FIG. 6 is a schematic diagram of the sixth embodiment, and shows an example in which a capacitor is added to a variable inductance to form an LC resonance circuit. In the sixth embodiment, the first and second blocks 1 and 2 are made of a non-conductive material, a capacitor (capacitor) 12 is provided in the first block 1, and the fixing tool 5 of the first block is electrically connected to the first block 1. Connected. And the capacitor (condenser) 1
The other end of 2 is connected to the fixing member 5 of the second block by a conducting wire 13. As a result, a closed circuit is formed in which the variable inductance 8 and the capacitor (capacitor) 12 are connected in series via the fasteners 5 and 5 and the conducting wire 13 to form an LC resonance circuit. Also in this case, the variable inductance 8 and the capacitor (capacitor)
12 is connected to form a long object 3
It is not necessary to form the conductive members a, 3b, the fixing tool 5 and the like.

In the fifth and sixth embodiments shown in FIGS. 5 and 6, since the LC resonance circuit is formed in the sensor, an electromagnetic wave having a frequency near the resonance frequency is transmitted from the oscillation antenna. When the frequency is changed and launched, when the frequency of this electromagnetic wave reaches the resonance frequency point of the LC resonance circuit, a signal of amplitude and phase different from that of the transmitted electromagnetic wave is received by the receiving antenna, and this resonance frequency is known by this signal, and the variable capacitor Or the inductance of the variable inductance can be detected. With this detection value, the amount of change in the distance between the first and second blocks 1 and 2 can be wirelessly measured.

In each of the above-described embodiments, the tensile force applied to the maximum value storage sensor, that is, the maximum deformation amount and distortion amount when a force that increases the distance between the two blocks 1 and 2 is applied is measured. The maximum deformation and strain in the direction of the compression force cannot be measured. The seventh embodiment of the present invention shown in FIG.
Is an embodiment of a maximum value storage sensor for measuring a maximum deformation amount and a distortion amount due to a force in a compression direction.

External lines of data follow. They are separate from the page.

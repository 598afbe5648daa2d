// One event after another.
ghost use Rattle.std.specs.Prelude.{◌≡◌, ◌⊎◌, ◌≤◌, ◌<◌, ◌+◌, ◌∷◌, ◌++◌, [], List, true, false, None, Some, OnOk, IfOk, IsErrOf, All};
ghost use Rattle.arj_disk.specs.declared.limits.TheConstants.{LAST_ARM};
ghost use Rattle.arj_journal.specs.ScriptForm.{EventInForm};
ghost use Rattle.arj_journal.specs.Stepping.{EndsWithLimit};
ghost use Rattle.arj_journal.specs.declared.body.Line.{Line};
ghost use Rattle.arj_protocol.specs.Step.{first_reason};
ghost use Rattle.arj_protocol.specs.Step as inputs;
ghost use Rattle.arj_protocol.specs.Words.body;
ghost use Rattle.arj_protocol.specs.Words.event as events;
ghost use Rattle.arj_protocol.specs.Words.which;
ghost use Rattle.arj_protocol.specs.World.{giving, lacks_labels, numbered, reasons, steps};
ghost use Rattle.arj_protocol.specs.World as protocol;
ghost use Rattle.arj_world.specs.Disks.{HaveMoved};
ghost use Rattle.arj_world.specs.Goes.{GoesTo};
ghost use Rattle.arj_world.specs.Happens.{HappensTo, RunsOver, RunsTo, done};
ghost use Rattle.arj_world.specs.Owns.{AnswersEvent, EndsEvent, HasNoOpen};
ghost use Rattle.arj_world.specs.Stands.{Keeps, StandsSome, hand};
ghost use Rattle.arj_world.specs.Tells.{TellsStops, crashed_by, nobody};
ghost use Rattle.arj_world.specs.Wire.{AreFew};
ghost use Rattle.arj_world.specs.declared.run.TheConstants.{MOST_EVENTS};

use crate::{StepFault, World};
use arj_core::{Core, Input};
use arj_disk::{Disk, Rack};
use arj_journal::{Body, Event, Header, Kind, Label, Lines, Which};
use std::alloc::AllocError;

/// The most events that a world runs.
pub const MOST_EVENTS: u32 = 200_000;

/// The most labels that a run gives.
pub const MOST_LABELS: usize = 4096;

impl<C: Core> World<C> {
    // An action includes a store of an object.
    fn include<D: Disk>(
        &mut self,
        rack: &mut Rack<D>,
        label: Label,
        x: u16,
        node: u32,
        journal: &mut Lines,
    ) -> Result<(), AllocError>
        requires least { 1 ≤ node }
        requires greatest { node ≤ self.old.header.nodes }
        requires stands { StandsSome C.Core D.file (hand self.old rack.old journal.old) }
        ensures goes { OnOk result (GoesTo C.Core D.file (λ w. steps (protocol.node_of label w) (inputs.Include label x node) w) (hand self.old rack.old journal.old) (hand self.new rack.new journal.new)) }
        ensures header { self.new.header ≡ self.old.header }
        ensures disks { HaveMoved D.Disk self.old.header.nodes [] rack.old rack.new }
        ensures tells { OnOk result (TellsStops D.Disk self.old.header.nodes nobody rack.old rack.new journal.old journal.new) }
    {
        let Some(store) = self.node_in(node) else {
            unreachable!()
        };
        self.ask(rack, label, Input::Include { label, x, store }, journal)
    }

    // What an event does that the world doesn't refuse.
    fn happen<D: Disk>(
        &mut self,
        rack: &mut Rack<D>,
        event: Event,
        journal: &mut Lines,
    ) -> Result<(), AllocError>
        requires form { EventInForm event }
        requires accepted { (w : protocol.World) → Keeps C.Core self.old w → None ≡ first_reason (reasons event w) }
        requires arms { All (λ d. D.arms d < LAST_ARM) rack.old }
        requires stands { StandsSome C.Core D.file (hand self.old rack.old journal.old) }
        ensures happens { OnOk result (HappensTo C.Core D.file (done event) (hand self.old rack.old journal.old) (hand self.new rack.new journal.new)) }
        ensures header { self.new.header ≡ self.old.header }
        ensures disks { HaveMoved D.Disk self.old.header.nodes (event ∷ []) rack.old rack.new }
        ensures tells { OnOk result (TellsStops D.Disk self.old.header.nodes (crashed_by event) rack.old rack.new journal.old journal.new) }
    {
        match event {
            Event::Begin { label, node } => self.begin_at(rack, label, Kind::Top, node, journal),
            Event::Serial { label, node } => {
                self.begin_at(rack, label, Kind::Serial, node, journal)
            }
            Event::BeginIn { label, parent } => self.begin_in(rack, label, parent, journal),
            Event::Top { label, parent } => self.begin_apart(rack, label, parent, journal),
            Event::Call { label, x, op } => {
                self.ask(rack, label, Input::Call { label, x, op }, journal)
            }
            Event::Include { label, x, node } => self.include(rack, label, x, node, journal),
            Event::Commit { label } => self.ask(rack, label, Input::Commit { label }, journal),
            Event::Abort { label } => self.ask(rack, label, Input::Abort { label }, journal),
            Event::GiveUp { label } => self.ask(rack, label, Input::GiveUp { label }, journal),
            Event::Deliver { frame } => {
                let k = self.frame_number(frame);
                self.deliver(rack, k, journal)
            }
            Event::Lose { frame } => {
                let k = self.frame_number(frame);
                self.lose(k, journal)
            }
            Event::Tick { node } => self.ask_node(rack, node, Input::Tick, journal),
            Event::Settle => self.settle(rack, journal),
            Event::Quiesce => self.quiesce(rack, journal),
            Event::Crash { node } => self.ask_node(rack, node, Input::Crash, journal),
            Event::Restart { node } => self.restart(rack, node, journal),
            Event::Stop { node, calls, kind } => self.arm(rack, node, calls, kind, journal),
            Event::Junk { node, bytes } => self.send_junk(rack, node, bytes, journal),
            Event::Show { x } => self.show_all(rack, x, journal),
        }
    }

    // Whether an event would give one label too many.
    fn lacks_labels(&self, event: &Event) -> bool
        ensures { (w : protocol.World) → Keeps C.Core self.now w → result ≡ lacks_labels (giving event.now w) w }
    {
        let gives = matches!(
            event,
            Event::Begin { .. } | Event::Serial { .. } | Event::BeginIn { .. } | Event::Top { .. }
        );
        gives && MOST_LABELS <= self.labels.len()
    }

    // The next event.
    fn count(&mut self)
        requires { self.old.event < MOST_EVENTS }
        ensures { self.new ≡ record self.old { event = self.old.event + 1 } }
    {
        self.wire.event += 1;
    }

    // Counts a refused event, and writes its line.
    fn refuse(&mut self, cause: u8, journal: &mut Lines) -> Result<(), StepFault>
        requires { self.old.event < MOST_EVENTS }
        ensures counted { OnOk result (self.new ≡ record self.old { event = self.old.event + 1 }) }
        ensures said { OnOk result (journal.new ≡ journal.old ++ numbered (self.old.event + 1) (body.Refused cause ∷ [])) }
        ensures labels { IsErrOf result StepFault.Labels → ⊥ }
        ensures frames { IsErrOf result StepFault.Frames → ⊥ }
        ensures header { self.new.header ≡ self.old.header }
    {
        self.wire.event += 1;
        self.wire.say(Body::Refused { cause }, journal)?;
        Ok(())
    }

    // An event is over: where a frame didn't fit, a line says so.
    fn end(&self, journal: &mut Lines) -> Result<(), StepFault>
        ensures fits { OnOk result (self.now.full ≡ false) }
        ensures still { OnOk result (journal.new ≡ journal.old) }
        ensures full { IsErrOf result StepFault.Frames → self.now.full ≡ true }
        ensures said { IsErrOf result StepFault.Frames → journal.new ≡ journal.old ++ numbered self.now.event (body.Limit which.Frames ∷ []) }
        ensures labels { IsErrOf result StepFault.Labels → ⊥ }
        ensures few { AreFew self.now.net }
    {
        if !self.wire.full {
            return Ok(());
        }
        let body = Body::Limit {
            which: Which::Frames,
        };
        self.wire.say(body, journal)?;
        Err(StepFault::Frames)
    }

    /// The header of its nodes.
    pub fn header(&self) -> &Header
        ensures header { result.now ≡ self.now.header }
        ensures few { result.now.nodes ≤ 16 }
    {
        &self.header
    }

    /// How many events were run.
    pub fn stepped(&self) -> u32
        ensures { result ≡ self.now.event }
    {
        self.wire.event
    }

    /// Runs one event: its lines go to the end of the journal, and the world is then what the protocol makes of it, with
    /// the stops that fell. Where a frame didn't fit, a line says so last, and the run is over. An event that would give
    /// one label too many changes nothing. A line that says that a node halted stands for a stop of its disk, but in the event
    /// that crashes it; an event of a kind with a line of its own writes it, or why it doesn't, with the number of the refusal, and
    /// so does a commit, an abort, a giveup, and a delivery of a frame for a node of the header; and after a settle or a quiesce
    /// each frame was delivered or lost. At every answer, also where memory was wanting, the disks of the header's nodes were armed
    /// as the event asks for it and by nothing else, and all other disks are as they were.
    #[tactic(auto, using(crate::proofs::Disks::moved_none, crate::proofs::Tells::tells_none))]
    pub fn step<D: Disk>(
        &mut self,
        rack: &mut Rack<D>,
        event: Event,
        journal: &mut Lines,
    ) -> Result<(), StepFault>
        requires room { self.old.event < MOST_EVENTS }
        requires form { EventInForm event }
        requires arms { All (λ d. D.arms d < LAST_ARM) rack.old }
        requires stands { StandsSome C.Core D.file (hand self.old rack.old journal.old) }
        ensures ran { OnOk result (RunsTo C.Core D.file event (hand self.old rack.old journal.old) (hand self.new rack.new journal.new)) }
        ensures frames { IsErrOf result StepFault.Frames → RunsOver C.Core D.file event (hand self.old rack.old journal.old) (hand self.new rack.new journal.new) }
        ensures last { IsErrOf result StepFault.Frames → EndsWithLimit which.Frames journal.new }
        ensures counted { OnOk result (self.new.event ≡ self.old.event + 1) }
        ensures counted_over { IsErrOf result StepFault.Frames → self.new.event ≡ self.old.event + 1 }
        ensures grown { OnOk result ((added : List Line) × (journal.new ≡ journal.old ++ added)) }
        ensures grown_over { IsErrOf result StepFault.Frames → (added : List Line) × (journal.new ≡ journal.old ++ added) }
        ensures kept { IsErrOf result StepFault.Labels → (self.new ≡ self.old) × (rack.new ≡ rack.old) × (journal.new ≡ journal.old) }
        ensures labels { IsErrOf result StepFault.Labels → (w : protocol.World) → Keeps C.Core self.old w → (None ≡ first_reason (reasons event w)) × (lacks_labels (giving event w) w ≡ true) }
        ensures header { self.new.header ≡ self.old.header }
        ensures disks { HaveMoved D.Disk self.old.header.nodes (event ∷ []) rack.old rack.new }
        ensures stops { OnOk result (TellsStops D.Disk self.old.header.nodes (crashed_by event) rack.old rack.new journal.old journal.new) }
        ensures stops_over { IsErrOf result StepFault.Frames → TellsStops D.Disk self.old.header.nodes (crashed_by event) rack.old rack.new journal.old journal.new }
        ensures answers { OnOk result (AnswersEvent C.Core D.file event (hand self.old rack.old journal.old) false journal.new) }
        ensures answers_over { IsErrOf result StepFault.Frames → AnswersEvent C.Core D.file event (hand self.old rack.old journal.old) true journal.new }
        ensures ends { OnOk result (EndsEvent C.Core D.file event (hand self.old rack.old journal.old) journal.new) }
        ensures ends_over { IsErrOf result StepFault.Frames → EndsEvent C.Core D.file event (hand self.old rack.old journal.old) journal.new }
        ensures settled { OnOk result ((event ≡ events.Settle) ⊎ (event ≡ events.Quiesce) → HasNoOpen self.new.net) }
    {
        if let Some(cause) = self.refusal(&event)? {
            return self.refuse(cause, journal);
        }
        if self.lacks_labels(&event) {
            return Err(StepFault::Labels);
        }
        self.count();
        self.happen(rack, event, journal)?;
        self.end(journal)
    }
}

The first and second blocks are provided with extension members 1a and 2a extending in a direction facing each other, and each of the extension members 1a and 2a is extended to a position where its tip exceeds the other tip. . A long object 3 is attached between the mounting portions at the distal ends of the extension members 1a and 2a, and the long object 3 is fixed to the mounting portion at one of the distal ends, and is attached to the mounting portion at the other distal portion. It is configured to be slidably mounted. In the example shown in FIG. 7, the extension member 2a of the second block 2
The elongated object 3 is fixed by the fixing member 5 at the distal end of the first block 1, and the mounting portion at the distal end of the extension member 1a of the first block 1 is slidably provided with a slit or a hole as in the first embodiment. 4 is inserted. The long object 3 has a rigidity capable of withstanding a force corresponding to a static frictional resistance between the slit or hole 4 at the distal end of the extension member 1a of the first block 1 and the long object 3 against a tensile force. And the compression force is made of a material that buckles with a force smaller than the static friction resistance.
Extension members 1a, 2a arranged so as to sandwich the long object 3
The opposite surface (the side where the long object 3 exists) is coated with an insulating material 6, and even when the long object 3 buckles and bends and comes into contact with these surfaces, electricity is generated at this contact surface. I try not to.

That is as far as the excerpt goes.